Ahnold now shortened to Ollie due to my grandson went the first week I got him from Kimberly .. I could not do his bangs and since Cosmo was going he went too ..
I think there are other threads with the same question - might want to check .
I do sugggest finding a well recommended groomer Master if you find one . Also do not go to one who tehers the dogs they should be kept in crates not in a tether stall .. 
Of course they have to be tethered during the grooming .. 
I think it is good to start them young . Asta was fine going to the groomer as our the twins as Tulips Mom calls them . They are not identical and I have them groomed differently .. Cosmo's ears are longer and his bib is a little longer ..


----------



## Esperanita (Jul 12, 2008)

I took Cuba at 11 weeks. I primarily took him because his nails were scratching me and I was too chicken to try to clip them. I actually like his hair a bit longer so I think I'm going to get a dremmel and try that.


----------



## jabellar (Jul 9, 2008)

Laurief said:


> There you go Susan, the perfect way to convince Hubby - find a cutie, tell him you want to name it Obi, or any other Star Wars name,sometimes it works. My oldest boy was against me getting a third (like he had any say - haha) but when I told him I was naming him Logan, he was onboard, as he is a wolverine fan!!
> 
> Try it - it might work!!
> Laurie


Big Star Wars fan, myself... Before settling on Castro, we were considering the following SW names: Chewie or Wicket since they are both furry; Wicket, specially!

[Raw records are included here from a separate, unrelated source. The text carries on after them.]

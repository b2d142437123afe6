use batch_core::StepBack;
use std::alloc::{AllocError, AllocFailed};

/// Memory ran out.
#[derive(Clone, Copy, Debug, PartialEq, Eq, Drop)]
pub struct NoMemory;

impl From<AllocError> for NoMemory {
    fn from(_: AllocError) -> NoMemory {
        NoMemory
    }
}

impl<T: Drop> From<AllocFailed<T>> for NoMemory {
    fn from(_: AllocFailed<T>) -> NoMemory {
        NoMemory
    }
}

impl From<batch_core::NoMemory> for NoMemory {
    fn from(_: batch_core::NoMemory) -> NoMemory {
        NoMemory
    }
}

impl From<StepBack> for NoMemory {
    fn from(_: StepBack) -> NoMemory {
        NoMemory
    }
}

impl From<frozen_plan::NoMemory> for NoMemory {
    fn from(_: frozen_plan::NoMemory) -> NoMemory {
        NoMemory
    }
}

impl From<packed_ballots::NoMemory> for NoMemory {
    fn from(_: packed_ballots::NoMemory) -> NoMemory {
        NoMemory
    }
}

impl From<candidate_roll::NoMemory> for NoMemory {
    fn from(_: candidate_roll::NoMemory) -> NoMemory {
        NoMemory
    }
}

impl From<lane_sheet::NoMemory> for NoMemory {
    fn from(_: lane_sheet::NoMemory) -> NoMemory {
        NoMemory
    }
}

impl From<day_sheets::NoMemory> for NoMemory {
    fn from(_: day_sheets::NoMemory) -> NoMemory {
        NoMemory
    }
}
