// The calls that are left of a day's scripts.
ghost use Rattle.std.specs.Prelude.{◌≡◌, ◌≢◌, ◌≤◌, [], ◌++◌, All, IfOk, OnOk, IsTrue, ◌↔◌, MatchOption, length, replicate, reverse, ℕ};
ghost use Rattle.batch_core.specs.declared.limits.TheConstants.{MOST_TEAMS};
ghost use Rattle.day_lines.specs.DayHistory.{calls_in};
ghost use Rattle.day_replay.specs.Calls.{IsTaken, left_of};

use crate::NoMemory;
use batch_core::{Call, Calls, MOST_TEAMS};
use day_reader::Scripts;
use std::alloc::Global;

/// The calls that each team has still to make, those of team t at index t - 1. Each list stands from its
/// end, so that the next call is the last.
#[derive(Drop)]
pub(crate) struct Left {
    pub(crate) teams: Vec<Calls>,
}

impl Left {
    /// All calls of these scripts.
    pub fn of(alloc: Global, mut scripts: Scripts) -> Result<Left, NoMemory>
        requires { All (λ script. (1 ≤ script.team) × (script.team ≤ MOST_TEAMS)) scripts }
        ensures teams { IfOk result (λ left. length left.teams.items ≡ MOST_TEAMS) }
        ensures calls { IfOk result (λ left. (team : ℕ) → 1 ≤ team → left_of left.teams.items team ≡ calls_in scripts team) }
    {
        let mut teams = no_calls(alloc)?;
        'scripts: while let Some(script) = scripts.pop() {
            put_behind(&mut teams[script.team as usize - 1], script.calls)?;
        }
        Ok(Left { teams })
    }

    /// Whether a team has calls left.
    pub fn has(&self, team: u32) -> bool
        requires teams { length self.now.teams.items ≡ MOST_TEAMS }
        requires team { (1 ≤ team) × (team ≤ MOST_TEAMS) }
        ensures { IsTrue result ↔ (1 ≤ length (left_of self.now.teams.items team)) }
    {
        self.teams[team as usize - 1].len() > 0
    }

    /// The first team that has calls left.
    pub fn first(&self) -> Option<u32>
        requires { length self.now.teams.items ≡ MOST_TEAMS }
        ensures { MatchOption result
            ((team : ℕ) → 1 ≤ team → left_of self.now.teams.items team ≡ [])
            (λ team. (1 ≤ team) × (team ≤ MOST_TEAMS) × (1 ≤ length (left_of self.now.teams.items team))) }
    {
        for place in 0..MOST_TEAMS {
            if self.has(place + 1) {
                return Some(place + 1);
            }
        }
        None
    }

    /// Takes the next call of a team that has calls left.
    pub fn take(&mut self, team: u32) -> Call
        requires teams { length self.old.teams.items ≡ MOST_TEAMS }
        requires team { (1 ≤ team) × (team ≤ MOST_TEAMS) }
        requires some { 1 ≤ length (left_of self.old.teams.items team) }
        ensures { IsTaken team result self.old.teams.items self.new.teams.items }
    {
        match self.teams[team as usize - 1].pop() {
            Some(call) => call,
            None => unreachable!(),
        }
    }
}

/// Puts calls after others that stand from their end. Where there are none, the list of the calls is turned round.
fn put_behind(list: &mut Calls, calls: Calls) -> Result<(), NoMemory>
    ensures { OnOk result (reverse list.new ≡ calls ++ reverse list.old) }
{
    if list.len() > 0 {
        return push_behind(list, calls);
    }
    *list = calls;
    list.reverse();
    Ok(())
}

/// Puts calls one by one after others that stand from their end.
fn push_behind(list: &mut Calls, mut calls: Calls) -> Result<(), NoMemory>
    ensures { OnOk result (reverse list.new ≡ calls ++ reverse list.old) }
{
    'calls: while let Some(call) = calls.pop() {
        if list.push(call).is_err() {
            return Err(NoMemory);
        }
    }
    Ok(())
}

/// No calls for each team.
fn no_calls(alloc: Global) -> Result<Vec<Calls>, NoMemory>
    ensures { IfOk result (λ teams. teams.items ≡ replicate MOST_TEAMS []) }
{
    let mut teams = Vec::new(alloc);
    for _ in 0..MOST_TEAMS {
        teams.push(Calls::new(alloc))?;
    }
    Ok(teams)
}
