// The lines of a text, and who called by them.
ghost use Rattle.std.specs.Prelude.{◌≡◌, ◌≢◌, [], ◌++◌, ◌≤◌, ℕ, List, IsTrue, false, ◌↔◌, MatchOption, length};
ghost use Rattle.batch_core.specs.declared.limits.TheConstants.{MOST_TEAMS};
ghost use Rattle.sheet_check.specs.Difference.{behind_line, first_line};
ghost use Rattle.day_replay.specs.Saying.{BeginsWith, Says};
ghost use Rattle.day_replay.specs.Calls.{left_of};

use crate::left::Left;
use batch_core::MOST_TEAMS;
use line_text::Line;

/// The first line of a text, with its line feed, and what is after it.
pub(crate) fn next_line(text: &[u8]) -> (&[u8], &[u8])
    ensures line { result.0.now ≡ first_line text.now }
    ensures rest { result.1.now ≡ behind_line text.now }
{
    for at in 0..text.len() {
        if text[at] == b'\n' {
            return text.split_at(at + 1);
        }
    }
    text.split_at(text.len())
}

/// The team with calls left that has made the n-th call, by the line of this call.
#[tactic(auto, using(crate::proofs::Rooms::rooms))]
pub(crate) fn team_said(line: &[u8], n: u64, left: &Left) -> Option<u32>
    requires { length left.now.teams.items ≡ MOST_TEAMS }
    ensures { MatchOption result
        ((team : ℕ) → 1 ≤ team → Says n team line.now → left_of left.now.teams.items team ≡ [])
        (λ team. (1 ≤ team) × (team ≤ MOST_TEAMS) × Says n team line.now × (1 ≤ length (left_of left.now.teams.items team))) }
{
    let mut front = Line::new();
    front.push_count(n);
    front.push_bytes(b" team ");
    let Some(rest) = behind(line, front.bytes()) else {
        return None;
    };
    for place in 0..MOST_TEAMS {
        if is_next(rest, place + 1, left) {
            return Some(place + 1);
        }
    }
    None
}

/// Whether a team has calls left, and a text begins with its number.
fn is_next(text: &[u8], team: u32, left: &Left) -> bool
    requires teams { length left.now.teams.items ≡ MOST_TEAMS }
    requires team { (1 ≤ team) × (team ≤ MOST_TEAMS) }
    ensures named { IsTrue result → BeginsWith team text.now × (1 ≤ length (left_of left.now.teams.items team)) }
    ensures other { result ≡ false → BeginsWith team text.now → left_of left.now.teams.items team ≡ [] }
{
    left.has(team) && begins_with(text, team)
}

/// Whether a text begins with a number and a space.
#[tactic(auto, using(crate::proofs::Rooms::rooms))]
fn begins_with(text: &[u8], number: u32) -> bool
    ensures { IsTrue result ↔ BeginsWith number text.now }
{
    let mut front = Line::new();
    front.push_count(number as u64);
    front.push_bytes(b" ");
    behind(text, front.bytes()).is_some()
}

/// What is after this front.
fn behind<'a>(text: &'a [u8], front: &[u8]) -> Option<&'a [u8]>
    ensures { MatchOption result ((rest : List ℕ) → text.now ≢ front.now ++ rest)
        (λ rest. text.now ≡ front.now ++ rest.now) }
{
    if text.len() < front.len() {
        return None;
    }
    let (start, rest) = text.split_at(front.len());
    if is_same(start, front) {
        Some(rest)
    } else {
        None
    }
}

fn is_same(text: &[u8], other: &[u8]) -> bool
    ensures { IsTrue result ↔ (text.now ≡ other.now) }
{
    text == other
}
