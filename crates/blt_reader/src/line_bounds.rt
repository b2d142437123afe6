use input_text::FaultKind;

/// What ballot lines may be: of ballots among so many candidates, and together of at most so many. A count
/// that goes past them is refused for `refusal`.
#[derive(Clone, Copy)]
pub struct LineBounds {
    pub candidates: u32,
    pub most: u32,
    pub refusal: FaultKind,
}
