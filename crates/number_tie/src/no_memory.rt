//! The one refusal of this crate.
use std::alloc::AllocError;

/// There was no memory.
#[derive(Debug, Drop)]
pub struct NoMemory;

impl From<AllocError> for NoMemory {
    fn from(_: AllocError) -> Self {
        NoMemory
    }
}
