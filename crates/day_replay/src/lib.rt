//! The calls of a day made one after another, in the order in which a text says that they were made, and the verdict on
//! that text.
//!
//! [`follow`] goes along the lines of a text and gives the history whose calls are those of the text for as long as they
//! are those of any history, and [`frozen_at`] what stood at a freeze of it, a [`Frozen`]. [`judge`] compares what such a
//! day writes with the text as it comes, and [`judge_trial`] the summary of a made day; [`verdicts_are_unique`] says that
//! each text has one verdict.
#![tactic(auto)]

mod bare;
mod comparing;
mod day_verdict;
mod following;
mod frozen;
mod frozen_sheets;
mod judging;
mod laws;
mod left;
mod lines;
mod no_memory;
mod packing;
mod places;
mod replay;
mod standing;
mod trial_judging;
mod worked;

pub use day_verdict::DayVerdict;
pub use following::follow;
pub use frozen::Frozen;
pub use judging::judge;
pub use laws::verdicts_are_unique;
pub use no_memory::NoMemory;
pub use standing::frozen_at;
pub use trial_judging::judge_trial;
pub use worked::worked_calls;
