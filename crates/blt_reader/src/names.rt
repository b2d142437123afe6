// Names and titles.
ghost use Rattle.std.specs.Prelude.{◌≡◌, ◌≤◌, ℕ, List, [], length, IfOk, IfErr, OnOk, ◌∷◌, ◌++◌};
ghost use Rattle.plain_ballots.specs.declared.ballot_line.BallotLine.{BallotLine};
ghost use Rattle.candidate_roll.specs.Name.{IsName};
ghost use Rattle.input_text.specs.declared.input_stop.InputStop.TheVariants as stop;
ghost use Rattle.input_text.specs.Reads.{IsBehind, Stops, Accepts, IfFault};
ghost use Rattle.blt_reader.specs.Reads.{as_name, ReadsNames};

use candidate_roll::{Name, NameStop, Names};
use input_text::{FaultKind, InputStop, Tokens, What};
use std::alloc::Global;

/// A name, or a title, of at most `MAX` bytes.
pub(crate) fn read_name<const MAX: usize>(
    alloc: Global,
    tokens: &mut Tokens<'_>,
) -> Result<Name<MAX>, InputStop>
    ensures name { IfOk result (λ name. Accepts (as_name MAX) tokens.old.rest name tokens.new.rest) }
    ensures fault { IfFault result (λ fault. Stops (as_name MAX) tokens.old.rest fault tokens.new.rest) }
    ensures behind { IsBehind tokens.old tokens.new }
{
    let token = tokens.next_token()?;
    let What::Text = token.what else {
        return Err(InputStop::refused(FaultKind::NameExpected, token.at));
    };
    match Name::try_new(alloc, tokens.text(token)) {
        Ok(name) => Ok(name),
        Err(NameStop::NoMemory) => Err(InputStop::NoMemory),
        Err(NameStop::TooLong) => Err(InputStop::refused(FaultKind::TooLongName, token.at)),
        Err(NameStop::BadByte(_)) => unreachable!(),
    }
}

/// The names of all candidates, in number order.
pub(crate) fn read_names(
    alloc: Global,
    tokens: &mut Tokens<'_>,
    candidates: u32,
) -> Result<Names, InputStop>
    ensures reads { ReadsNames candidates tokens.old.rest result tokens.new.rest }
    ensures all { IfOk result (λ names. length names ≡ candidates) }
    ensures behind { IsBehind tokens.old tokens.new }
{
    let mut names = Names::new(alloc);
    for _ in 0..candidates {
        let name = read_name(alloc, tokens)?;
        let Ok(()) = names.push(name) else {
            return Err(InputStop::NoMemory);
        };
    }
    Ok(names)
}
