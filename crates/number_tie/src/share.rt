//! What one holder of a part of a tie knows of it. It is in proofs alone.

/// A share of a tie. No value of it is ever made.
pub struct Share {
    /// 1 for a half, 2 for both halves together, 0 for a share that another took in.
    pub parts: u64,
    /// The number of this share.
    pub number: u64,
    /// The number of the share that was taken in last, or of this one.
    pub beside: u64,
}
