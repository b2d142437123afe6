//! The test that words are options with their values and plain words, before anybody reads a value.
ghost use Rattle.std.specs.Prelude.{◌≡◌, ◌≢◌, ◌↔◌, List, ◌++◌, IsTrue, IfNone, IfSome, map, string_bytes};
ghost use Rattle.meek_words.specs.Numerals.{Word};
ghost use Rattle.meek_words.specs.Parts.{AreSpelled, HasValue, IsValue, Part, option_of, words_of};
ghost use Rattle.meek_words.specs.Spellings.{IsSpelled};

use crate::option_name::OptionName;
use crate::stood::Stood;

/// What a word is by its spelling.
#[derive(Clone, Copy)]
enum Spelling<'a> {
    /// An option with its value.
    OneWord(OptionName, &'a str),
    /// An option whose value is the next word.
    FirstOfTwo(OptionName),
    /// No option.
    Plain,
}

fn spelling_of(word: &str) -> Spelling<'_>
    ensures { IsSpelled word.entry.now result }
{
    let (flag, value) = match word.split_once('=') {
        Some((flag, value)) => (flag, Some(value)),
        None => (word, None),
    };
    match (OptionName::from_flag(flag), value) {
        (Some(name), Some(value)) => Spelling::OneWord(name, value),
        (Some(name), None) => Spelling::FirstOfTwo(name),
        (None, _) => Spelling::Plain,
    }
}

/// Whether a word may be an option's value, or stand for itself.
fn is_value(word: &str) -> bool
    ensures { IsTrue result ↔ IsValue word.now }
{
    match word.as_bytes().first() {
        Some(byte) => *byte != b'-',
        None => false,
    }
}

/// The option of the first part, if it has one, and the words after that part.
fn first_part(words: &[String]) -> Option<(Option<OptionName>, &[String])>
    ensures cut { IfSome result (λ cut. (part : Part) × HasValue part × (option_of part ≡ cut.0)
        × (map string_bytes words.now ≡ words_of part ++ map string_bytes cut.1.now)) }
    ensures none { IfNone result ((part : Part) (rest : List Word) → HasValue part
        → map string_bytes words.now ≢ words_of part ++ rest) }
{
    let (word, rest) = words.split_first()?;
    let (name, value, rest) = match spelling_of(word) {
        Spelling::OneWord(name, value) => (Some(name), value, rest),
        Spelling::FirstOfTwo(name) => {
            let (value, rest) = rest.split_first()?;
            (Some(name), value.as_str(), rest)
        }
        Spelling::Plain => (None, word.as_str(), rest),
    };
    if is_value(value) {
        Some((name, rest))
    } else {
        None
    }
}

/// Whether the words are options, each with a value and none twice, and at most one plain word.
pub(crate) fn is_spelled(words: &[String]) -> bool
    ensures { IsTrue result ↔ AreSpelled (map string_bytes words.now) }
{
    let mut stood = Stood::nothing();
    let mut rest = words;
    while !rest.is_empty() {
        let Some((option, behind)) = first_part(rest) else {
            return false;
        };
        if !stood.is_first(option) {
            return false;
        }
        rest = behind;
    }
    true
}
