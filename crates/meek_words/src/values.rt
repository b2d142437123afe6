/// The value of each option that stands, and the plain word, all still as text.
#[derive(Clone, Copy)]
pub(crate) struct Values<'a> {
    pub(crate) lots: Option<&'a str>,
    pub(crate) shards: Option<&'a str>,
    pub(crate) workers: Option<&'a str>,
    pub(crate) plain: Option<&'a str>,
}
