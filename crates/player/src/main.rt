//! `player`: plays queues written as text on standard input, one step to a line, and prints the answer to each step.
#![tactic(auto)]

mod player;
mod reply;
mod step;
mod text;

use player::Player;
use reply::Reply;
use std::alloc::{AllocError, Global};
use std::io;
use std::io::{BufWriter, Write};
use step::read_step;
use text::ReadError;

fn main(rt: HostRuntime) -> anyhow::Result<()> {
    let text = io::read_to_string(rt.alloc(), rt.stdin())?;
    let mut out = BufWriter::new(rt.alloc(), rt.stdout())?;
    let mut player = Player::Idle;
    for line in text.as_str().lines().filter(|line| !is_remark(line)) {
        let reply = reply_to(&mut player, rt.alloc(), line)?;
        writeln!(out, "{reply}")?;
    }
    out.flush()?;
    Ok(())
}

/// Whether a line is empty or a remark, which has no answer.
fn is_remark(line: &str) -> bool {
    line.is_empty() || line.starts_with('#')
}

/// Makes the step that a line writes.
fn reply_to(player: &mut Player, heap: Global, line: &str) -> Result<Reply, AllocError> {
    match read_step(heap, line) {
        Ok(step) => Ok(player.play(&step)),
        Err(ReadError::NoStep) => Ok(Reply::NoStep),
        Err(ReadError::Memory(error)) => Err(error),
    }
}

As for Xmen... we considered Beast

Is my geekness showing yet??


----------



## jabellar (Jul 9, 2008)

Esperanita said:


> I took Cuba at 11 weeks. I primarily took him because his nails were scratching me and I was too chicken to try to clip them. I actually like his hair a bit longer so I think I'm going to get a dremmel and try that.


Me, too! We didn't want Castro to think negatively about grooming, so we let the professionals do it; Castro was 11 weeks at the time.

Very curious though - - what is the average cost to groom a Havanese (bath, trim, nails, ears, teeth, the works)? I know it all depends on location, but very curious, since each groomer I used charged me very different rates?


----------



## Pixiesmom (Jul 31, 2008)

I took Pixie at 9 weeks-the next weekend after I took her home. The pads of her little feet were soo hairy, I couldn't see her eyes, nails were scratchy and her behind needed some "doggyscaping" in a bad way. That alone was soo much help in cleaning up after the sticky icky poops. I took her to the groomer who takes care of my mom's dogs (one of the great ones who loves what she does and has a Dr. Doolittle thing going on with the animals). Pix was just fine, although she did keep trying to teethe on the poor groomer's hand the entire time. I watched the whole thing as I couldn't and didn't drop her off.


----------



## irnfit (Nov 21, 2006)

I took Kodi the first time when he was about 6-7 months and he had to be shaved down due to matting. I took hime once more after that and have let is hair grow out. Shelby has never been to the groomer. I groom them myself and they are both in full coats.

The last time I had him groomed it cost $45 per dog for a small dog here on LI.


----------



## Esperanita (Jul 12, 2008)

jabellar said:


> Very curious though - - what is the average cost to groom a Havanese (bath, trim, nails, ears, teeth, the works)? I know it all depends on location, but very curious, since each groomer I used charged me very different rates?


I went to one groomer and priced another and both were $45 in the Atlanta area. I know Petsmart is cheaper by about $10, but I'm pretty allergic to most dogs and standing in the grooming area at Petsmart is pretty bad for me. The $45 didn't include teeth.


----------